Count the lines of the listing below where "IsBare" shows up, and please answer with that number only.

### Given entries

ghost use Rattle.std.specs.Prelude.{◌≡◌, ◌∷◌, IfOk, IfErr, IfSome, IfNone, IsErrOf, true, Some, codes, is_some};
ghost use Rattle.clap.specs.Words.{IsParsedFrom, app_of, found_of, first_of, first_value, is_simple_and_free, matches_of, rows_of};
ghost use Rattle.clap.specs.Walk.{texts};
ghost use Rattle.vx_cli.specs.Commands.{IsCommand, IsTaken, NamesValidate, is_set};
ghost use Rattle.vx_cli.specs.Faults.{Reports};

use crate::cli_fault::CliFault;
use crate::command::Command;
use crate::grammars::{run_grammar, validate_grammar};
use clap::ArgMatches;
use clap::error::ErrorKind;
use std::alloc::{AllocError, Global};
use vx_value::{Text, TextList};

/// The command that a list of words is. The words leave out the program's own name.
///
/// Where the first word is `validate`, the others are its one FILE. Every other list of words runs a pipeline: it has
/// `-c FILE` or `--config FILE`, once, and may have the flags `--once` and `--stats`, each once. The value of a long option is the next word, or
/// follows `=`; the value of a short one is the next word, or follows at once, and then one `=` in front of it is left out.
///
/// `Usage` comes exactly where the words are in no command's grammar. Want of memory comes at any words.
pub fn read_words(alloc: Global, words: &TextList) -> Result<Command, CliFault>
    ensures command { IfOk result (IsCommand words.now) }
    ensures fault { IfErr result (Reports words.now) }
{
    let words = borrowed(alloc, words.as_slice())?;
    match behind_validate(words.as_slice()) {
        Some(rest) => read_validate(alloc, rest),
        None => read_run(alloc, words.as_slice()),
    }
}

/// The words, borrowed one by one.
fn borrowed(alloc: Global, words: &[Text]) -> Result<Vec<&str>, AllocError>
    ensures { IfOk result (λ list. texts list.items ≡ words.now) }
{
    let mut list = Vec::new(alloc);
    for word in words {
        list.push(word.as_str())?;
    }
    Ok(list)
}

/// The words behind the first word `validate`. `None` exactly where that isn't the first word.
fn behind_validate<'a>(words: &'a [&'a str]) -> Option<&'a [&'a str]>
    ensures some { IfSome result (λ rest. NamesValidate (texts words.entry.now) (texts rest.now)) }
    ensures none { IfNone result ((rest : _) → NamesValidate (texts words.entry.now) rest → ⊥) }
{
    let (first, rest) = words.split_first()?;
    if *first == "validate" {
        Some(rest)
    } else {
        None
    }
}

/// The command that runs a pipeline, by its words.
fn read_run<'a>(alloc: Global, words: &'a [&'a str]) -> Result<Command, CliFault>
    requires { (rest : _) → NamesValidate (texts words.now) rest → ⊥ }
    ensures command { IfOk result (IsCommand (texts words.entry.now)) }
    ensures fault { IfErr result (Reports (texts words.entry.now)) }
{
    let matches = matches_of(run_grammar(alloc)?, words)?;
    let config = value_of(alloc, &matches, "config")?;
    let once = is_set(&matches, "once");
    let stats = is_set(&matches, "stats");
    Ok(Command::Run {
        config,
        once,
        stats,
    })
}

/// The command that judges a configuration, by its words.
fn read_validate<'a>(alloc: Global, words: &'a [&'a str]) -> Result<Command, CliFault>
    ensures command { IfOk result (IsCommand (codes "validate" ∷ texts words.entry.now)) }
    ensures fault { IfErr result (Reports (codes "validate" ∷ texts words.entry.now)) }
{
    let matches = matches_of(validate_grammar(alloc)?, words)?;
    let path = value_of(alloc, &matches, "path")?;
    Ok(Command::Validate { path })
}

/// What a command reads in some words.
fn matches_of<'a>(
    command: clap::Command<'a>,
    words: &'a [&'a str],
) -> Result<ArgMatches<'a>, CliFault>
    requires { is_simple_and_free (app_of command) ≡ true }
    ensures taken { IfOk result (λ _. IsTaken (app_of command.entry) (texts words.entry.now)) }
    ensures parsed { IfOk result (IsParsedFrom command.entry) }
    ensures rows { IfOk result (λ matches.
        rows_of (found_of matches) ≡ matches_of (app_of command.entry) (texts words.entry.now)) }
    ensures usage { IsErrOf result CliFault.Usage →
        IsTaken (app_of command.entry) (texts words.entry.now) → ⊥ }
{
    match command.try_get_matches_from(words) {
        Ok(matches) => Ok(matches),
        Err(error) => Err(fault_of(error.kind())),
    }
}

/// The fault for a kind of error.
fn fault_of(kind: ErrorKind) -> CliFault
    ensures { result ≡ CliFault.Usage → kind ≡ ErrorKind.OutOfMemory → ⊥ }
{
    match kind {
        ErrorKind::OutOfMemory => CliFault::WantOfMemory,
        _ => CliFault::Usage,
    }
}

/// The value of an argument that has one.
fn value_of(alloc: Global, matches: &ArgMatches<'_>, name: &str) -> Result<Text, CliFault>
    requires { is_some (first_value (found_of matches.now) name.now) ≡ true }
    ensures value { IfOk result
        (λ value. first_of name.now (rows_of (found_of matches.now)) ≡ Some value) }
    ensures fault { IfErr result (λ fault. fault ≡ CliFault.WantOfMemory) }
{
    match matches.get_str(name) {
        Some(value) => Ok(Text::copy_of(alloc, value)?),
        None => unreachable!(),
    }
}

/// Whether a flag is given.
fn is_set(matches: &ArgMatches<'_>, name: &str) -> bool
    ensures { result ≡ is_set (first_of name.now (rows_of (found_of matches.now))) }
{
    match matches.get_str(name) {
        Some(value) => value == "true",
        None => false,
    }
}
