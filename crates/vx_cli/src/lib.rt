//! What an operator types and reads: the words of the program are a command, or there is a fault; the faults that a
//! run may end with, their exit statuses, and what is printed of them and of what was counted.
#![tactic(auto)]

mod cli_fault;
mod command;
mod fault;
mod grammars;
mod laws;
mod plan_texts;
mod reading;
mod showing;
mod summaries;
mod texts;

pub use cli_fault::CliFault;
pub use command::Command;
pub use fault::Fault;
pub use laws::{fault_lines, one_command, printed_names, refusals, spellings};
pub use reading::read_words;
pub use summaries::summary_line;
pub use texts::fault_text;
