ghost use Rattle.std.specs.Prelude.{◌≡◌, ◌++◌, OnOk, OnErr, IfOk, string_bytes};
ghost use Rattle.vx_cli.specs.Texts.{text_of, reason_of, failed_after};
ghost use Rattle.vx_cli.specs.Wordings.{text_as};

use crate::fault::Fault;
use crate::plan_texts::plan_text;
use crate::showing::shown;
use std::alloc::{AllocError, Global};
use vx_graph::GraphFault;
use vx_reading::PlanFault;
use vx_value::{Bytes, WantOfMemory};

/// How the program is called, as it is printed where the words are no command.
const USAGE: &str = "vector: usage: vector --config FILE [options]
vector: usage: vector validate FILE
";

/// Appends what is printed of a fault: lines that end with a line feed, or nothing for a failed print and for want of
/// memory.
///
/// Where no memory is found `out` is as before.
pub fn fault_text(alloc: Global, fault: &Fault, out: &mut Bytes) -> Result<(), WantOfMemory>
    ensures ok { OnOk result (out.new ≡ out.old ++ text_of fault.now) }
    ensures err { OnErr result (out.new ≡ out.old) }
{
    match wording_of(fault) {
        Wording::Usage => out.push_slice(USAGE.as_bytes()),
        Wording::Nothing => Ok(()),
        Wording::Line => {
            let reason = reason(alloc, fault)?;
            let line = format!(in alloc; "vector: {reason}\n")?;
            out.push_slice(line.as_str().as_bytes())
        }
    }
}

/// What is printed of a fault.
#[derive(Clone, Copy)]
enum Wording {
    /// How the program is called.
    Usage,
    /// Nothing.
    Nothing,
    /// A line with the reason.
    Line,
}

/// What is printed of a fault.
fn wording_of(fault: &Fault) -> Wording
    ensures { text_of fault.now ≡ text_as fault.now result }
{
    match fault {
        Fault::Usage => Wording::Usage,
        Fault::PrintFailed | Fault::WantOfMemory => Wording::Nothing,
        Fault::ConfigRefused(PlanFault::WantOfMemory) => Wording::Nothing,
        Fault::ConfigRefused(PlanFault::Graph(GraphFault::WantOfMemory)) => Wording::Nothing,
        Fault::ConfigRefused(_)
        | Fault::UnknownHost(_)
        | Fault::ConfigRead { .. }
        | Fault::Numbers { .. }
        | Fault::SourceFailed { .. }
        | Fault::ConfirmFailed { .. } => Wording::Line,
    }
}

/// The reason of a fault, in words for people.
fn reason(alloc: Global, fault: &Fault) -> Result<String, AllocError>
    ensures { IfOk result (λ reason. string_bytes reason ≡ reason_of fault.now) }
{
    match fault {
        Fault::ConfigRead { path } => {
            let path = shown(alloc, path)?;
            format!(in alloc; "cannot read {path}")
        }
        Fault::ConfigRefused(fault) => {
            let text = plan_text(alloc, fault)?;
            format!(in alloc; "configuration refused: {text}")
        }
        Fault::UnknownHost(name) => {
            let name = shown(alloc, name)?;
            format!(in alloc; "no host transform {name}")
        }
        Fault::Numbers { next, wanted } => {
            format!(in alloc; "copy numbers are used up: next {next}, wanted {wanted}")
        }
        Fault::SourceFailed { name, at } => {
            let name = shown(alloc, name)?;
            let place = failed_after(alloc, *at)?;
            format!(in alloc; "source {name}{place}")
        }
        Fault::ConfirmFailed { name } => {
            let name = shown(alloc, name)?;
            format!(in alloc; "source {name} could not be confirmed")
        }
        Fault::Usage | Fault::PrintFailed | Fault::WantOfMemory => Ok(String::new(alloc)),
    }
}

/// Where a source failed.
fn failed_after(alloc: Global, at: u64) -> Result<String, AllocError>
    ensures { IfOk result (λ place. string_bytes place ≡ failed_after at) }
{
    format!(in alloc; " failed after {at} bytes")
}
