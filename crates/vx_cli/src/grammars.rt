ghost use Rattle.std.specs.Prelude.{◌≡◌, [], IfOk, codes, false};
ghost use Rattle.clap.specs.Words.{app_of, rule_of};
ghost use Rattle.vx_cli.specs.Building.{GivesValue, IsBare, IsNamed, IsRequired};
ghost use Rattle.vx_cli.specs.Grammars.{config_option, flag, grammar_of, path_word, required_value, run_grammar, validate_grammar};

use clap::{Arg, ArgAction, Command};
use std::alloc::{AllocError, Global};

/// The command that runs a pipeline.
pub fn run_grammar<'a>(alloc: Global) -> Result<Command<'a>, AllocError>
    ensures grammar { IfOk result (λ command. app_of command ≡ run_grammar) }
    ensures value { IfOk result (λ command. GivesValue command (codes "config")) }
{
    let command = grammar(alloc, "run");
    command
        .arg(config_option(alloc))?
        .arg(flag(alloc, "once"))?
        .arg(flag(alloc, "stats"))
}

/// The command that judges a configuration.
pub fn validate_grammar<'a>(alloc: Global) -> Result<Command<'a>, AllocError>
    ensures grammar { IfOk result (λ command. app_of command ≡ validate_grammar) }
    ensures value { IfOk result (λ command. GivesValue command (codes "path")) }
{
    let command = grammar(alloc, "validate");
    command.arg(required_value(alloc, "path"))
}

/// A command without arguments, and without the words for help and version.
fn grammar<'a>(alloc: Global, name: &'a str) -> Command<'a>
    ensures grammar { app_of result ≡ grammar_of name.entry.now [] }
    ensures bare { IsBare result }
{
    Command::new(alloc, name)
        .no_binary_name(true)
        .disable_help_flag(true)
        .disable_version_flag(true)
}

/// The option `-c FILE`, `--config FILE`.
fn config_option<'a>(alloc: Global) -> Arg<'a>
    ensures rule { rule_of result ≡ config_option }
    ensures named { IsNamed (codes "config") result }
    ensures required { IsRequired result }
{
    required_value(alloc, "config").short('c').long("config")
}

/// A flag, by its long name.
fn flag<'a>(alloc: Global, name: &'a str) -> Arg<'a>
    ensures rule { rule_of result ≡ flag name.entry.now }
    ensures named { IsNamed name.entry.now result }
{
    Arg::new(alloc, name).long(name).action(ArgAction::SetTrue)
}

/// An argument with one value, which has to be given.
fn required_value<'a>(alloc: Global, name: &'a str) -> Arg<'a>
    ensures rule { rule_of result ≡ required_value name.entry.now }
    ensures named { IsNamed name.entry.now result }
    ensures required { IsRequired result }
{
    Arg::new(alloc, name).required(true).action(ArgAction::Set)
}
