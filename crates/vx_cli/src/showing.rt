ghost use Rattle.std.specs.Prelude.{◌≡◌, IfOk, string_bytes};
ghost use Rattle.vx_cli.specs.Shown.{is_hidden, shown, shown_char};

use std::alloc::{AllocError, Global};
use vx_value::Text;

/// How many bytes of a text are printed at most, before the two dots of a cut.
const ROOM: usize = 256;

/// A name, path or input as it is printed: hidden characters by their codes, in 256 bytes at most, or cut there with two
/// dots behind. A text that is cut isn't read to its end.
pub(crate) fn shown(alloc: Global, text: &Text) -> Result<String, AllocError>
    ensures { IfOk result (λ line. string_bytes line ≡ shown text.now) }
{
    shown_text(alloc, text.as_str())
}

/// The same of a text that is borrowed.
fn shown_text(alloc: Global, text: &str) -> Result<String, AllocError>
    ensures { IfOk result (λ line. string_bytes line ≡ shown text.now) }
{
    let mut line = String::new(alloc);
    for c in text.chars() {
        let piece = shown_char(alloc, c)?;
        if piece.len() > ROOM - line.len() {
            line.push_str("..")?;
            return Ok(line);
        }
        line.push_str(piece.as_str())?;
    }
    Ok(line)
}

/// A character as it is printed.
#[tactic(auto, unfolding(crate::specs::Shown::shown_char))]
fn shown_char(alloc: Global, c: char) -> Result<String, AllocError>
    ensures { IfOk result (λ piece. string_bytes piece ≡ shown_char c) }
{
    if is_hidden(c) {
        let code = c as u32;
        return format!(in alloc; "\\u{{{code:x}}}");
    }
    let mut piece = String::new(alloc);
    piece.push(c)?;
    Ok(piece)
}

/// Whether a character could end a line, or change how the rest of it looks.
fn is_hidden(c: char) -> bool
    ensures { result ≡ is_hidden c }
{
    c.is_control()
        || matches!(c, '\u{61c}' | '\u{200e}' | '\u{200f}' | '\u{2028}'..='\u{202e}' | '\u{2066}'..='\u{2069}')
}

######

* The answer
2